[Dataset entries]
^^^^^^^^^^^^^^^^

//! The two ends of a queue: what they know when they meet, and what is left if one of them is gone.
ghost use Rattle.std.specs.Prelude.{◌≡◌};

use crate::queue::messages::{open, put, put_each, take, take_each, take_nothing};
use queuing_port::{Putter, Taker, meet};
use std::alloc::Global;
use std::process::Abort;
use std::sync::Wait;

/// The ends meet while the queue holds this many messages.
fn check_meeting(rt: &(impl Abort + Wait), putter: &mut Putter, taker: &mut Taker, held: usize)
    requires { taker.old.queue ≡ putter.old.queue }
    ensures { (putter.new.queue ≡ putter.old.queue) × (taker.new.queue ≡ putter.old.queue) }
{
    assert_eq!(rt; meet(rt, putter, taker), held);
}

fn check_meetings(rt: &(impl Abort + Wait), alloc: Global) {
    let (mut putter, mut taker) = open(rt, alloc, 2);
    check_meeting(rt, &mut putter, &mut taker, 0);
    put(rt, alloc, &mut putter, 1, true);
    put(rt, alloc, &mut putter, 2, true);
    put(rt, alloc, &mut putter, 3, false);
    check_meeting(rt, &mut putter, &mut taker, 2);
    take(rt, alloc, &mut taker, 1);
    check_meeting(rt, &mut putter, &mut taker, 1);
    put(rt, alloc, &mut putter, 4, true);
    take(rt, alloc, &mut taker, 2);
    take(rt, alloc, &mut taker, 4);
    check_meeting(rt, &mut putter, &mut taker, 0);
}

// rule: PORT-17, PORT-18
#[test]
fn ends_that_meet_know_how_many_messages_are_held(rt: HostRuntime) {
    check_meetings(&rt, rt.alloc());
}

fn check_without_taker(rt: &(impl Abort + Wait), alloc: Global) {
    let (mut putter, mut taker) = open(rt, alloc, 2);
    put(rt, alloc, &mut putter, 1, true);
    take(rt, alloc, &mut taker, 1);
    drop(taker);
    let rows = [(2, true), (3, true), (4, false), (5, false)];
    put_each(rt, alloc, &mut putter, &rows);
}

// rule: PORT-13
#[test]
fn a_dropped_taker_stops_nobody(rt: HostRuntime) {
    check_without_taker(&rt, rt.alloc());
}

fn check_without_putter(rt: &(impl Abort + Wait), alloc: Global) {
    let (mut putter, mut taker) = open(rt, alloc, 2);
    put_each(rt, alloc, &mut putter, &[(1, true), (2, true)]);
    drop(putter);
    take_each(rt, alloc, &mut taker, &[1, 2]);
    take_nothing(rt, &mut taker);
}

// rule: PORT-13
#[test]
fn a_dropped_putter_leaves_its_messages(rt: HostRuntime) {
    check_without_putter(&rt, rt.alloc());
}
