//! Two threads over one queue, each of which ends by itself.
use crate::queue::messages::{empty_message, open, take_nothing};
use queuing_port::{Putter, Taker};
use std::alloc::Global;
use std::process::Abort;
use std::sync::Wait;
use std::thread;
use std::thread::{Threads, join};

/// Number of messages that pass in the long tests.
const MANY: u64 = 100_000;
/// How many calls of `put` or `take` a thread makes at most: each has to be done by then.
const MOST_TURNS: u64 = 10_000_000;

/// Puts messages of times 1 to `count`, each again until there is room. Returns the number put.
fn put_in_order<R: Wait>(rt: &R, alloc: Global, mut putter: Putter, count: u64) -> u64 {
    let mut put = 0;
    for _ in 0..MOST_TURNS {
        if put >= count {
            break;
        }
        match putter.put(rt, empty_message(alloc, put + 1)) {
            Ok(()) => put += 1,
            Err(_) => thread::yield_now(),
        }
    }
    put
}

/// Takes `count` messages, as long as their times are 1, 2 and so on. Returns the end, and how many were
/// taken.
fn take_in_order<R: Wait>(rt: &R, mut taker: Taker, count: u64) -> (Taker, u64) {
    let mut taken = 0;
    for _ in 0..MOST_TURNS {
        if taken >= count {
            break;
        }
        match taker.take(rt) {
            Some(message) => {
                if message.time != taken + 1 {
                    break;
                }
                taken += 1;
            }
            None => thread::yield_now(),
        }
    }
    (taker, taken)
}

/// So many messages pass from one thread to another through a queue of this depth, and none is left.
fn check_passing<R: Abort + Threads + Wait + Sync>(rt: &R, alloc: Global, depth: u8, count: u64) {
    let (putter, taker) = open(rt, alloc, depth);
    let (put, (mut taker, taken)) = join(
        rt,
        move || put_in_order(rt, alloc, putter, count),
        move || take_in_order(rt, taker, count),
    );
    assert_eq!(rt; (put, taken), (count, count));
    take_nothing(rt, &mut taker);
}

// rule: PORT-11, PORT-12
#[test]
fn two_threads_pass_messages_through_a_queue_of_depth_1(rt: HostRuntime) {
    check_passing(&rt, rt.alloc(), 1, MANY);
}

// rule: PORT-11, PORT-12
#[test]
fn two_threads_pass_messages_through_a_queue_of_depth_4(rt: HostRuntime) {
    check_passing(&rt, rt.alloc(), 4, 100);
}

// rule: PORT-11, PORT-12
#[test]
fn two_threads_pass_messages_through_a_queue_of_depth_64(rt: HostRuntime) {
    check_passing(&rt, rt.alloc(), 64, MANY);
}
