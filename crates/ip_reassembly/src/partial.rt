//! One partial datagram, and a list of them.
ghost use Rattle.std.specs.Prelude.{◌≡◌, ℕ, ◌+◌, ◌-◌, ◌<◌, ◌≤◌, List, [], ◌∷◌, length, take, position, remove, slice_get, Some, IfSome, IfOk, option_map};
ghost use Rattle.es_base.specs.Limits.{longest_joined};
ghost use Rattle.link_rules.specs.Fragments.{Piece, piece_of, datagram_from};
ghost use Rattle.link_rules.specs.Groups.{Group, is_over, fate_if};
ghost use Rattle.frame_reader.specs.Parts.{packet_parts};
ghost use Rattle.ip_reassembly.specs.Answers.{preview_of};
ghost use Rattle.ip_reassembly.specs.Held.{HoldsPieces};
ghost use Rattle.ip_reassembly.specs.Kept.{IsPartial, has_key_of};

use crate::Preview;
use crate::buffer::Buffer;
use es_base::{DatagramKey, Memory};
use frame_reader::Packet;
use std::alloc::Global;

/// A partly received datagram, or a spare buffer for one.
#[derive(Drop)]
pub struct Partial {
    /// Key of its pieces.
    pub(crate) key: DatagramKey,
    /// Arrival time of its first piece, in microseconds.
    pub(crate) begin: u64,
    pub(crate) buffer: Buffer,
}

impl Partial {
    /// An empty spare one.
    pub(crate) fn spare(alloc: Global) -> Result<Partial, Memory>
        ensures { IfOk result (λ partial. HoldsPieces partial.buffer []) }
    {
        let key = DatagramKey {
            source: 0,
            destination: 0,
            ident: 0,
        };
        let buffer = Buffer::open(alloc)?;
        Ok(Partial {
            key,
            begin: 0,
            buffer,
        })
    }

    /// A copy of this one.
    pub(crate) fn copy(&self, alloc: Global) -> Result<Partial, Memory>
        ensures { IfOk result (λ copy. copy ≡ self.now) }
    {
        let buffer = self.buffer.copy(alloc)?;
        Ok(Partial {
            key: self.key,
            begin: self.begin,
            buffer,
        })
    }

    /// Begins anew with one piece, which comes now.
    pub(crate) fn begin(&mut self, key: DatagramKey, packet: &Packet<'_>, now: u64)
        requires { packet.now.offset + length packet.now.octets.now ≤ longest_joined }
        ensures { IsPartial self.new (record { key = key; pieces = piece_of (packet_parts packet.now) now ∷ [] }) }
    {
        self.key = key;
        self.begin = now;
        self.buffer.clear();
        self.join(packet);
    }

    /// Adds a piece.
    pub(crate) fn join(&mut self, packet: &Packet<'_>)
        requires { packet.now.offset + length packet.now.octets.now ≤ longest_joined }
        ensures key { self.new.key ≡ self.old.key }
        ensures begin { self.new.begin ≡ self.old.begin }
        ensures holds { (pieces : List Piece) (time : ℕ) → HoldsPieces self.old.buffer pieces →
            HoldsPieces self.new.buffer (piece_of (packet_parts packet.now) time ∷ pieces) }
    {
        self.buffer
            .join(packet.more, packet.offset as usize, packet.octets);
    }

    /// Length of the datagram, if this piece completes it.
    pub(crate) fn joined_with(&self, packet: &Packet<'_>) -> Option<usize>
        requires { packet.now.offset + length packet.now.octets.now ≤ longest_joined }
        ensures joined { (pieces : List Piece) (time : ℕ) → HoldsPieces self.now.buffer pieces →
            result ≡ option_map length (datagram_from (piece_of (packet_parts packet.now) time ∷ pieces)) }
        ensures bound { IfSome result (λ len. len ≤ longest_joined) }
    {
        self.buffer
            .joined_with(packet.more, packet.offset as usize, packet.octets.len())
    }

    /// The answer that one more piece would get.
    pub(crate) fn preview_with(&self, packet: &Packet<'_>) -> Preview
        requires { packet.now.offset + length packet.now.octets.now ≤ longest_joined }
        ensures { (pieces : List Piece) (time : ℕ) → HoldsPieces self.now.buffer pieces → result
            ≡ preview_of (fate_if (datagram_from (piece_of (packet_parts packet.now) time ∷ pieces))) }
    {
        match self.joined_with(packet) {
            None => Preview::Held,
            Some(len) => Preview::Whole {
                len,
                head: self
                    .buffer
                    .head_with(packet.offset as usize, packet.octets, len),
                joined: true,
            },
        }
    }

    /// Whether its age is beyond the time limit, in microseconds (own).
    pub(crate) fn is_over(&self, limit: u64, now: u64) -> bool
        ensures { (group : Group) → IsPartial self.now group → result ≡ is_over limit now group }
    {
        now.saturating_sub(self.begin) > limit
    }
}

/// Index of the first with a key.
pub(crate) fn place_among(partials: &[Partial], key: DatagramKey) -> Option<usize>
    ensures value { result ≡ position (has_key_of key) partials.now }
    ensures bound { IfSome result (λ place. place < length partials.now) }
{
    partials.iter().position(|partial| partial.key == key)
}

/// Of those that stand, moves the one at a place to the end, and those after it up.
pub(crate) fn move_to_end(partials: &mut [Partial], place: usize, standing: usize)
    requires place { place < standing }
    requires standing { standing ≤ length partials.old }
    ensures len { length partials.new ≡ length partials.old }
    ensures others { take (standing - 1) partials.new ≡ remove (take standing partials.old) place }
    ensures last { slice_get partials.new (standing - 1) ≡ slice_get (take standing partials.old) place }
{
    partials[place..standing].rotate_left(1);
}
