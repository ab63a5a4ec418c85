//! The lines of a text (iptables-save(8)).

ghost use Rattle.std.specs.Prelude.{◌≡◌};
ghost use Rattle.fws_net.specs.Reading.{CauseGiven, StepGiven};
ghost use Rattle.fws_net.specs.Routes.{IsSound};
ghost use Rattle.fws_ipt.specs.FileText.{opens, table_line, commit_line, rule_line, chain_of_rule, appended_in, appended_to, append_line, out_of_place, counted_line, counters_line, word_line, first_step, words_step};

use crate::counters::is_counters;
use crate::declarations::{alone, chain_line};
use crate::hooks::{builtin_hook, section_named};
use crate::keywords::read_keyword;
use crate::progress::Progress;
use crate::rule::read_rule;
use fws_ipt::{Hook, IptTable, Section};
use fws_net::{Cause, ReadFault, Site};
use fws_num::Word;
use fws_rules::is;
use std::alloc::Global;

/// Opens a table, which is done outside a table, and once.
fn open_table(reader: &mut Progress, section: Section, words: &[Word]) -> Result<(), ReadFault>
    ensures { StepGiven result reader.new (opens section words.now reader.old) }
{
    if reader.within().is_some() || reader.has_opened(section) {
        return Err(ReadFault::Bad(Cause::Syntax));
    }
    reader.open(section)?;
    alone(words)
}

/// Takes `*T`, of which this is the name. An unknown table is left out.
fn table_line(reader: &mut Progress, name: &[u8], words: &[Word]) -> Result<(), ReadFault>
    ensures { StepGiven result reader.new (table_line name.now words.now reader.old) }
{
    match section_named(name) {
        Some(section) => open_table(reader, section, words),
        None => Err(ReadFault::Bad(Cause::LeftOut)),
    }
}

/// Takes `COMMIT`, which closes the table.
fn commit_line(reader: &mut Progress, words: &[Word]) -> Result<(), ReadFault>
    ensures { StepGiven result reader.new (commit_line words.now reader.old) }
{
    if reader.within().is_none() {
        return Err(ReadFault::Bad(Cause::Syntax));
    }
    reader.close();
    alone(words)
}

/// Takes the words of a rule behind its chain, which has this number, and this hook if it is built in.
fn rule_line(
    alloc: Global,
    site: &Site,
    reader: &mut Progress,
    table: IptTable,
    hook: Option<Hook>,
    number: u32,
    words: &[Word],
) -> Result<(), ReadFault>
    requires { IsSound site.now }
    ensures { StepGiven result reader.new (rule_line site.now table hook number words.now reader.old) }
{
    let rule = read_rule(alloc, site, reader, table, hook, words)?;
    reader.append(alloc, number, rule)?;
    Ok(())
}

/// The number of a rule's chain, which was declared on an earlier line.
fn chain_of_rule(
    alloc: Global,
    reader: &Progress,
    table: IptTable,
    name: &[u8],
) -> Result<u32, ReadFault>
    ensures { CauseGiven result (chain_of_rule table name.now reader.now) }
{
    match reader.find(alloc, table, name)? {
        Some(number) => Ok(number),
        None => Err(ReadFault::Bad(Cause::NoName)),
    }
}

/// Takes what stands behind `-A` in a table whose chains packets meet.
fn appended_in(
    alloc: Global,
    site: &Site,
    reader: &mut Progress,
    table: IptTable,
    words: &[Word],
) -> Result<(), ReadFault>
    requires { IsSound site.now }
    ensures { StepGiven result reader.new (appended_in site.now table words.now reader.old) }
{
    let [word, rest @ ..] = words else {
        return Err(ReadFault::Bad(Cause::Syntax));
    };
    if !word.is_sound() {
        return Err(ReadFault::Bad(Cause::Syntax));
    }
    let name = word.text.as_slice();
    let number = chain_of_rule(alloc, reader, table, name)?;
    let hook = builtin_hook(Section::Met(table), name);
    rule_line(alloc, site, reader, table, hook, number, rest)
}

/// Takes what stands behind `-A` in the table that is open. Rules of raw and security are left out.
fn appended_to(
    alloc: Global,
    site: &Site,
    reader: &mut Progress,
    section: Section,
    words: &[Word],
) -> Result<(), ReadFault>
    requires { IsSound site.now }
    ensures { StepGiven result reader.new (appended_to site.now section words.now reader.old) }
{
    match section {
        Section::Met(table) => appended_in(alloc, site, reader, table, words),
        Section::Raw | Section::Security => Err(ReadFault::Bad(Cause::LeftOut)),
    }
}

/// Takes `-A`, within a table.
fn append_line(
    alloc: Global,
    site: &Site,
    reader: &mut Progress,
    words: &[Word],
) -> Result<(), ReadFault>
    requires { IsSound site.now }
    ensures { StepGiven result reader.new (append_line site.now words.now reader.old) }
{
    match reader.within() {
        Some(section) => appended_to(alloc, site, reader, section, words),
        None => Err(ReadFault::Bad(Cause::Syntax)),
    }
}

/// Why a word can't stand here: a keyword is Syntax, and any other word is left out.
fn out_of_place(text: &[u8]) -> Cause
    ensures { result ≡ out_of_place text.now }
{
    if read_keyword(text).is_some() {
        Cause::Syntax
    } else {
        Cause::LeftOut
    }
}

/// Takes what stands behind counters, which is a rule.
fn counted_line(
    alloc: Global,
    site: &Site,
    reader: &mut Progress,
    words: &[Word],
) -> Result<(), ReadFault>
    requires { IsSound site.now }
    ensures { StepGiven result reader.new (counted_line site.now words.now reader.old) }
{
    let [word, rest @ ..] = words else {
        return Err(ReadFault::Bad(Cause::Syntax));
    };
    if !word.is_sound() {
        return Err(ReadFault::Bad(Cause::Syntax));
    }
    if !word.is(b"-A") {
        return Err(ReadFault::Bad(out_of_place(word.text.as_slice())));
    }
    append_line(alloc, site, reader, rest)
}

/// Takes `[P:B]` before a rule, within a table.
fn counters_line(
    alloc: Global,
    site: &Site,
    reader: &mut Progress,
    text: &[u8],
    words: &[Word],
) -> Result<(), ReadFault>
    requires { IsSound site.now }
    ensures { StepGiven result reader.new (counters_line site.now text.now words.now reader.old) }
{
    if reader.within().is_none() || !is_counters(text) {
        return Err(ReadFault::Bad(Cause::Syntax));
    }
    counted_line(alloc, site, reader, words)
}

/// Takes a line that begins with a word or with counters.
fn word_line(
    alloc: Global,
    site: &Site,
    reader: &mut Progress,
    text: &[u8],
    words: &[Word],
) -> Result<(), ReadFault>
    requires { IsSound site.now }
    ensures { StepGiven result reader.new (word_line site.now text.now words.now reader.old) }
{
    if is(text, b"-A") {
        append_line(alloc, site, reader, words)
    } else if is(text, b"COMMIT") {
        commit_line(reader, words)
    } else if matches!(text, [b'[', ..]) {
        counters_line(alloc, site, reader, text, words)
    } else {
        Err(ReadFault::Bad(out_of_place(text)))
    }
}

/// Takes a line by its first word.
fn first_step(
    alloc: Global,
    site: &Site,
    reader: &mut Progress,
    text: &[u8],
    words: &[Word],
) -> Result<(), ReadFault>
    requires { IsSound site.now }
    ensures { StepGiven result reader.new (first_step site.now text.now words.now reader.old) }
{
    match text {
        [b'*', name @ ..] => table_line(reader, name, words),
        [b':', name @ ..] => chain_line(alloc, reader, name, words),
        _ => word_line(alloc, site, reader, text, words),
    }
}

/// Takes the words of a line.
pub(crate) fn words_step(
    alloc: Global,
    site: &Site,
    reader: &mut Progress,
    words: &[Word],
) -> Result<(), ReadFault>
    requires { IsSound site.now }
    ensures { StepGiven result reader.new (words_step site.now words.now reader.old) }
{
    let [word, rest @ ..] = words else {
        return Ok(());
    };
    if !word.is_sound() {
        return Err(ReadFault::Bad(Cause::Syntax));
    }
    first_step(alloc, site, reader, word.text.as_slice(), rest)
}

^^^^^^^^^^^^^^^^

**WORK TASK**
Output exactly the leading lines of the data, up to and including the line marked by "taker.old.queue ≡ putter.old.queue".

**EXPECTED OUTPUT**
//! The two ends of a queue: what they know when they meet, and what is left if one of them is gone.
ghost use Rattle.std.specs.Prelude.{◌≡◌};

use crate::queue::messages::{open, put, put_each, take, take_each, take_nothing};
use queuing_port::{Putter, Taker, meet};
use std::alloc::Global;
use std::process::Abort;
use std::sync::Wait;

/// The ends meet while the queue holds this many messages.
fn check_meeting(rt: &(impl Abort + Wait), putter: &mut Putter, taker: &mut Taker, held: usize)
    requires { taker.old.queue ≡ putter.old.queue }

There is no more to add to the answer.